[Start of Attachment]

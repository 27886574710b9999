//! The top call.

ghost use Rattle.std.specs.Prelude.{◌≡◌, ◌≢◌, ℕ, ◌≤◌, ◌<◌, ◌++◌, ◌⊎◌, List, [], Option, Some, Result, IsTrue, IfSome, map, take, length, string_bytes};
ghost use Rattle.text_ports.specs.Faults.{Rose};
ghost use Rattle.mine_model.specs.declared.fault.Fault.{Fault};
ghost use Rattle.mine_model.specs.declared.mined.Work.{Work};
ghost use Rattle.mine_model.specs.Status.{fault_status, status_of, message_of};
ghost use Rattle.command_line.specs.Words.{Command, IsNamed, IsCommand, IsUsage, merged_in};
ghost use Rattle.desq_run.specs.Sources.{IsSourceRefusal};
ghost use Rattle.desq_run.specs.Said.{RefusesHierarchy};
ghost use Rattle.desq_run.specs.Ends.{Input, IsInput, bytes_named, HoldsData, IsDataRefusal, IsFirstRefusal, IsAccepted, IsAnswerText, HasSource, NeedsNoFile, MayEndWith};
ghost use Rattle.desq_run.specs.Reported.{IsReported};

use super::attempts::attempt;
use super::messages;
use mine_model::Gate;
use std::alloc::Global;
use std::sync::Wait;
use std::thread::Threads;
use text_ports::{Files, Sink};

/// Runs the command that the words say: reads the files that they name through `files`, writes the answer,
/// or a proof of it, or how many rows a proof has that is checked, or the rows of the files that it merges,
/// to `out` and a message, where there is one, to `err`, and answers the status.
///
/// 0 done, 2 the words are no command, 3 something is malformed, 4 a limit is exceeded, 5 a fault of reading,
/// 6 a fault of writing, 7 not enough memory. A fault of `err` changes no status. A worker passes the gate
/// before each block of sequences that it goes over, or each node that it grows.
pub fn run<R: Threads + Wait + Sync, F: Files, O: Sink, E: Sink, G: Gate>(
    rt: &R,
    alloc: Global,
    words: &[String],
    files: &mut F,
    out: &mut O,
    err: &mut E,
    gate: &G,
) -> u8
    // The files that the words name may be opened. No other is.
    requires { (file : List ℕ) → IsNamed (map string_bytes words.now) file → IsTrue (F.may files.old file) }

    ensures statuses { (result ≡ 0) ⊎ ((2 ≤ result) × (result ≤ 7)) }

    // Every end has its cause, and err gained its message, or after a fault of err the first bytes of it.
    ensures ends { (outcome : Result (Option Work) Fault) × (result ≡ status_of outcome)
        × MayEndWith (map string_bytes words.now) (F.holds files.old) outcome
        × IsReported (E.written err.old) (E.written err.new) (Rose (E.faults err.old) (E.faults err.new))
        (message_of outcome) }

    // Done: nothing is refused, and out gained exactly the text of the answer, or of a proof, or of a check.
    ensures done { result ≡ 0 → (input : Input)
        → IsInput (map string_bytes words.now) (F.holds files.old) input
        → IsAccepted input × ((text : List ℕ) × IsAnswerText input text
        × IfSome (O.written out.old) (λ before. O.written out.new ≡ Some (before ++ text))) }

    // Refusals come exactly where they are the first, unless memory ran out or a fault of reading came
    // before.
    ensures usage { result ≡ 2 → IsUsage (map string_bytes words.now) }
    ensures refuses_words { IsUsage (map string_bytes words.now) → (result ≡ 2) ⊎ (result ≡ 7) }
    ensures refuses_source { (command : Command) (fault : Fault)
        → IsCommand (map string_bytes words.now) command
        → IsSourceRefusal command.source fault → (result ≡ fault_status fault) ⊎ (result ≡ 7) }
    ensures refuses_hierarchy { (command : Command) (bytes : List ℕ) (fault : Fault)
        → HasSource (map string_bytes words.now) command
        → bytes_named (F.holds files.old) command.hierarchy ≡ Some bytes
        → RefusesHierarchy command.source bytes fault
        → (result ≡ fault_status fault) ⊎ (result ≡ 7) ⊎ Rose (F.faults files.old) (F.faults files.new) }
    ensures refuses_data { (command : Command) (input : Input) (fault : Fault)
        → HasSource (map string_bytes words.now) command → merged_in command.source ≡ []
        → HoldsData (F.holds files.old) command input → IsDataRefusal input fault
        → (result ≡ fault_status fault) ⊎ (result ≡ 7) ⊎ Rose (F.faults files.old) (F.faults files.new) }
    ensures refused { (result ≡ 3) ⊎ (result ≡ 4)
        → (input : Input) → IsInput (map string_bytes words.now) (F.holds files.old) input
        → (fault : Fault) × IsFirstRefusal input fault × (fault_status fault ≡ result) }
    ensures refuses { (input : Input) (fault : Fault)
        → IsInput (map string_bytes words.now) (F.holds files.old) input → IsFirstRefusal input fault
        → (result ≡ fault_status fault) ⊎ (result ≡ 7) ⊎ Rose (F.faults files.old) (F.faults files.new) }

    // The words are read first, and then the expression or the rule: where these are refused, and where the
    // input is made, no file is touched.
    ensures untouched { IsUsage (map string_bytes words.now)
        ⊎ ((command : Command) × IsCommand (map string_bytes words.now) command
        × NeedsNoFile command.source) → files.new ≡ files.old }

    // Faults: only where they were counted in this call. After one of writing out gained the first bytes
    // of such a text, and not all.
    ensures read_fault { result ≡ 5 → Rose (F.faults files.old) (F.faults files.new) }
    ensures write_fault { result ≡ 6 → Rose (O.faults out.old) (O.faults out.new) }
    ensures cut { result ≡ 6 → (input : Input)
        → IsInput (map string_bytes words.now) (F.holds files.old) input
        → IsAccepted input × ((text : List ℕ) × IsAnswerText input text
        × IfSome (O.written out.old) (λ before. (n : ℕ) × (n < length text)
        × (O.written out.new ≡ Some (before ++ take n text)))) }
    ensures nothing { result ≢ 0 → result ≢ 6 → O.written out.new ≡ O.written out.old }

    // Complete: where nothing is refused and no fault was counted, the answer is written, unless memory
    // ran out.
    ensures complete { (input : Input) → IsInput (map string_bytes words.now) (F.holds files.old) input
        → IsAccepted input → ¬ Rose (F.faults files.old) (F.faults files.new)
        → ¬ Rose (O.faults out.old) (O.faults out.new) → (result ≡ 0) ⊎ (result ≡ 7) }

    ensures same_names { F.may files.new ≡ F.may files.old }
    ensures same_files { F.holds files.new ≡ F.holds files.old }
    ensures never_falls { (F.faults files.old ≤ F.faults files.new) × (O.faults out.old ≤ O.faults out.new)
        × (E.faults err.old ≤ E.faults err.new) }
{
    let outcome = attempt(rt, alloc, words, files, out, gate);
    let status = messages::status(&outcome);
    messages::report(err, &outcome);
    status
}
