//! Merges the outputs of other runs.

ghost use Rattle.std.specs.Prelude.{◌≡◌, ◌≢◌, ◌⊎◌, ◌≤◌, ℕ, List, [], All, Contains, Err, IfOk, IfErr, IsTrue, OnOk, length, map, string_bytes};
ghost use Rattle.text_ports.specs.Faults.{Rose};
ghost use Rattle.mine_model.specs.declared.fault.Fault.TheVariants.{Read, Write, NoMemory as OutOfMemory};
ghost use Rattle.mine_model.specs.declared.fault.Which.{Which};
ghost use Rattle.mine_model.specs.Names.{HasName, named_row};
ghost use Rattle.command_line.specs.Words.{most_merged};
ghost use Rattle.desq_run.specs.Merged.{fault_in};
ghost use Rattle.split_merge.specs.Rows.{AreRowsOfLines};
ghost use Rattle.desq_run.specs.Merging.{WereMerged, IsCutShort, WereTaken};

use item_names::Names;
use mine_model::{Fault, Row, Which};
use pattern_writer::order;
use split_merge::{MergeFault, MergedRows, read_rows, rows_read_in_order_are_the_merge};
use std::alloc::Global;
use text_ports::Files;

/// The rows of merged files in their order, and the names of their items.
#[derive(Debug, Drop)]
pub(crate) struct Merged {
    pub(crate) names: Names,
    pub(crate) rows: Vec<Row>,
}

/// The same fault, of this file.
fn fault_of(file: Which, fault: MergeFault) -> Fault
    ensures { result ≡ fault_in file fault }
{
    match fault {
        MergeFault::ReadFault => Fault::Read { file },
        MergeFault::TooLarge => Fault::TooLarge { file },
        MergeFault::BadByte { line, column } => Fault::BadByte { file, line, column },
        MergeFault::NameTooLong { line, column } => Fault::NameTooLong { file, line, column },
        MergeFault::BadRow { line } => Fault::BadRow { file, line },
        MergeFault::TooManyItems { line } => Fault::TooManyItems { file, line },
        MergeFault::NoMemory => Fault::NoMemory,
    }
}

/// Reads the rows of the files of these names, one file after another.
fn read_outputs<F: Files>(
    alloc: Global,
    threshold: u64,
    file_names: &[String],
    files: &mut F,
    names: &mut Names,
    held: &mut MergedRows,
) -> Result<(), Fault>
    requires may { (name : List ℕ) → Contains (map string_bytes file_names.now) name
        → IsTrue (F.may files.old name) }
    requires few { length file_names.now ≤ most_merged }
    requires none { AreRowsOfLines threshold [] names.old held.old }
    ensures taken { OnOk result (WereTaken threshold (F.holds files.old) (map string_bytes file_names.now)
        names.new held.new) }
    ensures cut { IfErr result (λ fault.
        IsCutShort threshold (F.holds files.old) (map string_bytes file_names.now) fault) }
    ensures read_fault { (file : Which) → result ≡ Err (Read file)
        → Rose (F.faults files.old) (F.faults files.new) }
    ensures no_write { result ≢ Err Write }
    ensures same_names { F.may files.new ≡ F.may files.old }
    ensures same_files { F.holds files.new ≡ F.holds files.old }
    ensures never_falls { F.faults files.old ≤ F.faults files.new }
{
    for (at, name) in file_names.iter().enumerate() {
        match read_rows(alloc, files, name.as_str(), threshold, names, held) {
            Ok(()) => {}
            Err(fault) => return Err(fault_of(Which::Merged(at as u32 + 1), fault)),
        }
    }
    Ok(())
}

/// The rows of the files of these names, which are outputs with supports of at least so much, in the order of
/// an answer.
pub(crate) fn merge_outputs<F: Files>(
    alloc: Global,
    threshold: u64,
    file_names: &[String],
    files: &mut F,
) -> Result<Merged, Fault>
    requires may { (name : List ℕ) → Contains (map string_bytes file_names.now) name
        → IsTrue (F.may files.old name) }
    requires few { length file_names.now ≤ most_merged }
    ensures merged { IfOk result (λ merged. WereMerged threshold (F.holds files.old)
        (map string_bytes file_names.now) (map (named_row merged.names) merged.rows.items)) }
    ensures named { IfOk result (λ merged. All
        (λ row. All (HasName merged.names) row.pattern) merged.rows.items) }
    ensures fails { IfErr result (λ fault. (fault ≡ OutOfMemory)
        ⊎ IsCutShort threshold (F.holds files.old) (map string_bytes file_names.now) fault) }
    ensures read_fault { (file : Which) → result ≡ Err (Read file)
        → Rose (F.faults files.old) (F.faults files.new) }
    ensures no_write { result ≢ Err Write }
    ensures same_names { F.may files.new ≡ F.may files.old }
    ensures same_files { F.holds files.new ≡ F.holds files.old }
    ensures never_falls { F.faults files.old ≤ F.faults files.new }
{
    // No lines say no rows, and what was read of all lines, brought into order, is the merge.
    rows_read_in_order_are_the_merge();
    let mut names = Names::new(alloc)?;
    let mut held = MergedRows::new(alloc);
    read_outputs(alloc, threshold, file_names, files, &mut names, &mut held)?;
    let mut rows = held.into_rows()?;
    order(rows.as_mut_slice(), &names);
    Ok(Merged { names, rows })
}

[End of Attachment]
[Start of Attachment]

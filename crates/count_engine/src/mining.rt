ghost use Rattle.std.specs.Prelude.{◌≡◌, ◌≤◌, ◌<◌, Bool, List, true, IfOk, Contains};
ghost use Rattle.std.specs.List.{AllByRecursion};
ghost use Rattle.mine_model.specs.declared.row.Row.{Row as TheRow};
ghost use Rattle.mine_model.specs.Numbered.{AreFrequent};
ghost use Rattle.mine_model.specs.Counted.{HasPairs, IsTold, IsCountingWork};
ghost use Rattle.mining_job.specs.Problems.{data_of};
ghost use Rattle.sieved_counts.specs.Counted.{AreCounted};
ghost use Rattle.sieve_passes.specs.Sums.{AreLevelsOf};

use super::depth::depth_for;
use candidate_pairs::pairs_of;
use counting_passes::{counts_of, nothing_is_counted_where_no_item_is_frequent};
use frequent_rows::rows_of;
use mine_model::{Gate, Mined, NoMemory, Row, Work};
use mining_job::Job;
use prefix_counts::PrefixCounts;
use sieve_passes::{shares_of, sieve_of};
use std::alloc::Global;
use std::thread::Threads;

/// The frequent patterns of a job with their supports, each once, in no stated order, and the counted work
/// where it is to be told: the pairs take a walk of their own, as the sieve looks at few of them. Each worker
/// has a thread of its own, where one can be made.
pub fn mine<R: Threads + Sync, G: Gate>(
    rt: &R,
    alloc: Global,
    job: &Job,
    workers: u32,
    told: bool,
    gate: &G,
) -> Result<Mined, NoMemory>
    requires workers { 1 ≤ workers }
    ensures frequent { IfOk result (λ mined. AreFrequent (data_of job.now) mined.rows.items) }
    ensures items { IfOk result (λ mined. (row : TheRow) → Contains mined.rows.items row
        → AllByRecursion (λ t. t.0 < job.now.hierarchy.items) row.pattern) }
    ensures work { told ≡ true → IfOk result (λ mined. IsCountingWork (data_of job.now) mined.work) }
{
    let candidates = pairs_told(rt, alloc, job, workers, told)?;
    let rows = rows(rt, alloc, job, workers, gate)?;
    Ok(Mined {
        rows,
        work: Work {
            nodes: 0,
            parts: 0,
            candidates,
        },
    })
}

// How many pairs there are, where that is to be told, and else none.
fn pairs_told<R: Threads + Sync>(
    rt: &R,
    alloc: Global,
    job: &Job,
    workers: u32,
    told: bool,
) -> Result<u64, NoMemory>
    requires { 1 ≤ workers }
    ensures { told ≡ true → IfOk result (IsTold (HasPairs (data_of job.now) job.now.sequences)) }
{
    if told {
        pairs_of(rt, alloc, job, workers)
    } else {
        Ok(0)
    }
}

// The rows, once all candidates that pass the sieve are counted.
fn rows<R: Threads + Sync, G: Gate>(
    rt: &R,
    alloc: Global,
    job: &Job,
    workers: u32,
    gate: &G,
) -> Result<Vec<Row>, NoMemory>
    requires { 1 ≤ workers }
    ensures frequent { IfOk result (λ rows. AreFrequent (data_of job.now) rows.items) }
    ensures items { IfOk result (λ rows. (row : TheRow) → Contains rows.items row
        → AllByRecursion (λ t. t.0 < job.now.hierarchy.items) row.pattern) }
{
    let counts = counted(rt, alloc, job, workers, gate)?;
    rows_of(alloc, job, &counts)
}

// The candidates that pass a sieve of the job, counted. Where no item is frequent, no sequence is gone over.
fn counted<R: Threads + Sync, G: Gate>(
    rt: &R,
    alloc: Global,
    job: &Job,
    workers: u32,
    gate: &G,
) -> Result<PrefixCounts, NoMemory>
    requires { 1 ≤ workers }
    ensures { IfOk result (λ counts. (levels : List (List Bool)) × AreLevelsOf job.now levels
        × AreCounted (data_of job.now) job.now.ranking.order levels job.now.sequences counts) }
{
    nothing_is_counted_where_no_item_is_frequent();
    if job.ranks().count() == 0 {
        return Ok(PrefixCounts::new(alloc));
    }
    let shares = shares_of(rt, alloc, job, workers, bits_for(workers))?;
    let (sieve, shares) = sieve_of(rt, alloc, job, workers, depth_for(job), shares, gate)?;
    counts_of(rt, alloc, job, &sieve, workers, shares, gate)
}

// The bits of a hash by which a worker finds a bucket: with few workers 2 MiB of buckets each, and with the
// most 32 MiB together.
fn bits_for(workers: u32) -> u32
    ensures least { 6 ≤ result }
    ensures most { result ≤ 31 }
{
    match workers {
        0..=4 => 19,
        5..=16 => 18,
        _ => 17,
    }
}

[End of Attachment]

#### [Exercise brief]
Copy down every line of the material above that includes the string "call".

#### [Exercise answer]
//! The top call.
    // Faults: only where they were counted in this call. After one of writing out gained the first bytes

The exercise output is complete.